4. Defina a correção adequada
O caminho pode envolver validação como baixa renda, complementação para 11%, ajuste para contribuinte individual, comprovação de atividade ou exclusão de competências que não podem ser aproveitadas.
5. Só depois escolha recurso, novo requerimento ou ação
A melhor via depende do motivo da negativa, do prazo, dos documentos e do efeito pretendido. Regularizar o CNIS pode ser indispensável antes ou junto da discussão do benefício.
Quais documentos podem ser necessários?
- CNIS detalhado;
- GPS e comprovantes bancários;
- CadÚnico e histórico de atualizações;
- comprovantes de composição e renda familiar;
- documentos da atividade remunerada, se existente;
- carta de indeferimento e processo administrativo;
- certidão de nascimento ou documento do fato gerador;
- documentos que demonstrem a condição de segurada na data relevante.
Posso perder todas as contribuições pagas com 5%?
Não existe resposta única.

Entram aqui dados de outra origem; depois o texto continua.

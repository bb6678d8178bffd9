//! Reading a command of any kind.
ghost use Rattle.std.specs.Prelude.{◌≡◌, ◌⊎◌, ℕ, List, IfOk};
ghost use Rattle.rq_values.specs.Place.{IsAnswer};
ghost use Rattle.rq_values.specs.Reading.{Gives, NeedsNoMemory, list_at, many_at};
ghost use Rattle.rq_statement.specs.declared.item.Item.{Item};
ghost use Rattle.rq_statement.specs.declared.command.Command.{Command};
ghost use Rattle.rq_statement.specs.Bytes.{command_bytes};
ghost use Rattle.rq_values.specs.declared.error.DecodeError.TheVariants as errors;
ghost use Rattle.rq_command.specs.Reading.{IsPreparing, item_at};
ghost use Rattle.rq_command.specs.Commands as spec;

use crate::decoding::{next_item, next_items};
use crate::laws::each_text_is_read_as_one;
use rq_canonical::settled_text_is_read;
use rq_statement::{Command, Item, StatementList};
use rq_values::{
    DecodeError, Id, MAX_COMMAND, Seq, next_bool, next_id, next_u8, next_u32, next_u64,
};
use std::alloc::Global;

/// A number, and so many items.
#[tactic(auto, unfolding(rq_values::specs::Reading::list_at))]
fn next_item_list(
    alloc: Global,
    limit: u32,
    bytes: &[u8],
) -> Result<(Seq<Item>, &[u8]), DecodeError>
    ensures { (item_of : List ℕ → Item) → IsPreparing item_of → Gives (λ x. (x.0, x.1.now)) result (list_at (item_at item_of limit) bytes.now) }
{
    let (count, rest) = next_u32(bytes)?;
    next_items(alloc, limit, count, rest)
}

/// So many items, as a list of statements.
fn next_counted(
    alloc: Global,
    limit: u32,
    transaction: bool,
    count: u32,
    bytes: &[u8],
) -> Result<(StatementList, &[u8]), DecodeError>
    ensures gives { (item_of : List ℕ → Item) → IsPreparing item_of → Gives (λ x. (x.0.items, x.1.now)) result (many_at (item_at item_of limit) count bytes.now) }
    ensures transaction { IfOk result (λ x. x.0.transaction ≡ transaction) }
{
    let mut list = StatementList::new(alloc, transaction);
    let mut rest = bytes;
    for _ in 0..count {
        let (item, after) = next_item(alloc, limit, rest)?;
        list.push(item)?;
        rest = after;
    }
    Ok((list, rest))
}

/// Whether it is a transaction, and the items.
#[tactic(auto, unfolding(crate::specs::Commands::statements_at, rq_values::specs::Reading::list_at))]
fn next_statements(
    alloc: Global,
    limit: u32,
    bytes: &[u8],
) -> Result<(StatementList, &[u8]), DecodeError>
    ensures { (item_of : List ℕ → Item) → IsPreparing item_of → Gives (λ x. (x.0, x.1.now)) result (spec.statements_at item_of limit bytes.now) }
{
    let (transaction, rest) = next_bool(bytes)?;
    let (count, rest) = next_u32(rest)?;
    next_counted(alloc, limit, transaction, count, rest)
}

/// So many lists of statements.
fn next_lists(
    alloc: Global,
    limit: u32,
    count: u32,
    bytes: &[u8],
) -> Result<(Seq<StatementList>, &[u8]), DecodeError>
    ensures { (item_of : List ℕ → Item) → IsPreparing item_of → Gives (λ x. (x.0, x.1.now)) result (many_at (spec.statements_at item_of limit) count bytes.now) }
{
    let mut lists = Seq::new(alloc);
    let mut rest = bytes;
    for _ in 0..count {
        let (list, after) = next_statements(alloc, limit, rest)?;
        lists.push(list)?;
        rest = after;
    }
    Ok((lists, rest))
}

/// A number, and so many lists of statements.
#[tactic(auto, unfolding(rq_values::specs::Reading::list_at))]
fn next_batch(
    alloc: Global,
    limit: u32,
    bytes: &[u8],
) -> Result<(Seq<StatementList>, &[u8]), DecodeError>
    ensures { (item_of : List ℕ → Item) → IsPreparing item_of → Gives (λ x. (x.0, x.1.now)) result (list_at (spec.statements_at item_of limit) bytes.now) }
{
    let (count, rest) = next_u32(bytes)?;
    next_lists(alloc, limit, count, rest)
}

/// A list that was sent on, and where from.
#[tactic(auto, unfolding(crate::specs::Commands::once_at))]
fn next_once(alloc: Global, limit: u32, bytes: &[u8]) -> Result<(Command, &[u8]), DecodeError>
    ensures { (item_of : List ℕ → Item) → IsPreparing item_of → Gives (λ x. (x.0, x.1.now)) result (spec.once_at item_of limit bytes.now) }
{
    match next_id(limit, bytes) {
        Err(error) => Err(error),
        Ok((id, rest)) => next_sent_on(alloc, limit, id, rest),
    }
}

/// A list that the server of this id sent on.
#[tactic(auto, unfolding(crate::specs::Commands::sent_on_at))]
fn next_sent_on(
    alloc: Global,
    limit: u32,
    id: Id,
    bytes: &[u8],
) -> Result<(Command, &[u8]), DecodeError>
    ensures { (item_of : List ℕ → Item) → IsPreparing item_of → Gives (λ x. (x.0, x.1.now)) result (spec.sent_on_at item_of limit id bytes.now) }
{
    let (boot, rest) = next_u64(bytes)?;
    let (number, rest) = next_u64(rest)?;
    let (list, rest) = next_statements(alloc, limit, rest)?;
    let command = Command::Once {
        id,
        boot,
        number,
        list,
    };
    Ok((command, rest))
}

/// What stands behind a command's kind.
#[tactic(auto, unfolding(crate::specs::Commands::content_at))]
fn next_content(
    alloc: Global,
    limit: u32,
    kind: u8,
    bytes: &[u8],
) -> Result<(Command, &[u8]), DecodeError>
    ensures { (item_of : List ℕ → Item) → IsPreparing item_of → Gives (λ x. (x.0, x.1.now)) result (spec.content_at item_of limit kind bytes.now) }
{
    match kind {
        1 => {
            let (list, rest) = next_statements(alloc, limit, bytes)?;
            Ok((Command::Execute(list), rest))
        }
        2 => {
            let (list, rest) = next_statements(alloc, limit, bytes)?;
            Ok((Command::Request(list), rest))
        }
        3 => {
            let (items, rest) = next_item_list(alloc, limit, bytes)?;
            Ok((Command::StrongQuery(items), rest))
        }
        4 => {
            let (items, rest) = next_item_list(alloc, limit, bytes)?;
            Ok((Command::Load(items), rest))
        }
        5 => {
            let (lists, rest) = next_batch(alloc, limit, bytes)?;
            Ok((Command::Batch(lists), rest))
        }
        _ => next_once(alloc, limit, bytes),
    }
}

/// A command's kind.
#[tactic(auto, unfolding(crate::specs::Commands::command_kind_at))]
fn next_command_kind(bytes: &[u8]) -> Result<(u8, &[u8]), DecodeError>
    ensures gives { Gives (λ x. (x.0, x.1.now)) result (spec.command_kind_at bytes.now) }
    ensures sure { NeedsNoMemory result }
{
    let (kind, rest) = next_u8(bytes)?;
    if kind >= 1 && kind <= 6 {
        Ok((kind, rest))
    } else {
        Err(DecodeError::Kind(bytes.len(), kind))
    }
}

/// The command at the start of the bytes, and the bytes after it.
#[tactic(auto, unfolding(crate::specs::Commands::any_command_at))]
fn next_command(alloc: Global, limit: u32, bytes: &[u8]) -> Result<(Command, &[u8]), DecodeError>
    ensures { (item_of : List ℕ → Item) → IsPreparing item_of → Gives (λ x. (x.0, x.1.now)) result (spec.any_command_at item_of limit bytes.now) }
{
    let (kind, rest) = next_command_kind(bytes)?;
    next_content(alloc, limit, kind, rest)
}

/// The command that is the whole input.
#[tactic(auto, using(rq_values::proofs::Faults::whole_fault))]
fn decode_whole(alloc: Global, limit: u32, bytes: &[u8]) -> Result<Command, DecodeError>
    ensures { (item_of : List ℕ → Item) → IsPreparing item_of → IsAnswer result (spec.command_by item_of limit bytes.now) }
{
    match next_command(alloc, limit, bytes) {
        Err(error) => Err(error.placed(bytes.len())),
        Ok((command, rest)) => {
            if rest.is_empty() {
                Ok(command)
            } else {
                drop(command);
                Err(DecodeError::Trailing(bytes.len().saturating_sub(rest.len())))
            }
        }
    }
}

/// The command that is the whole input. Each text of a statement must be the canonical text of a settled one.
#[tactic(auto, using(crate::proofs::AnyCommand::told))]
pub fn decode_command(alloc: Global, bytes: &[u8]) -> Result<Command, DecodeError>
    ensures answer { spec.IsDecoding MAX_COMMAND bytes.now result }
    ensures ok { IfOk result (λ command. (bytes.now ≡ command_bytes command) × spec.IsLogged MAX_COMMAND command) }
    ensures complete { (command : Command) → bytes.now ≡ command_bytes command → spec.IsLogged MAX_COMMAND command → (result ≡ Ok command) ⊎ (result ≡ Err errors.NoMemory) }
{
    each_text_is_read_as_one();
    settled_text_is_read();
    decode_whole(alloc, MAX_COMMAND, bytes)
}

Algumas competências podem ser validadas, complementadas ou ajustadas; outras podem enfrentar obstáculos por ausência dos requisitos ou falta de prova da atividade. O histórico não deve ser tratado como automaticamente perdido nem automaticamente aproveitável.
Além do salário-maternidade, a regularização pode influenciar aposentadoria, benefícios por incapacidade e outros direitos. Por isso, o acerto precisa considerar todo o planejamento previdenciário, e não apenas um benefício isolado.
Conclusão
Perguntas frequentes
O que é IREC-INDPEND?
É um indicador de remuneração ou contribuição com pendência. Seu significado prático depende da competência e dos demais marcadores do CNIS.
O INSS devolve o valor pago com código errado?
Restituição e aproveitamento seguem procedimentos distintos. Antes de pedir devolução, deve-se avaliar se a contribuição pode ser regularizada e se é necessária para direitos futuros.
Quem faz vendas informais pode pagar 5%?
Em regra, atividade remunerada é incompatível com o facultativo de baixa renda. Pode ser necessário contribuir como contribuinte individual.
Complementar para 11% garante o salário-maternidade?
Não automaticamente. A complementação resolve diferença de alíquota, mas outros requisitos — categoria, filiação, qualidade de segurada, fato gerador e afastamento — também precisam ser comprovados.
Preciso ir à Justiça?
Nem sempre. Alguns casos podem ser resolvidos administrativamente. A ação pode ser considerada quando houver indeferimento, resistência ou necessidade de prova que não foi adequadamente analisada.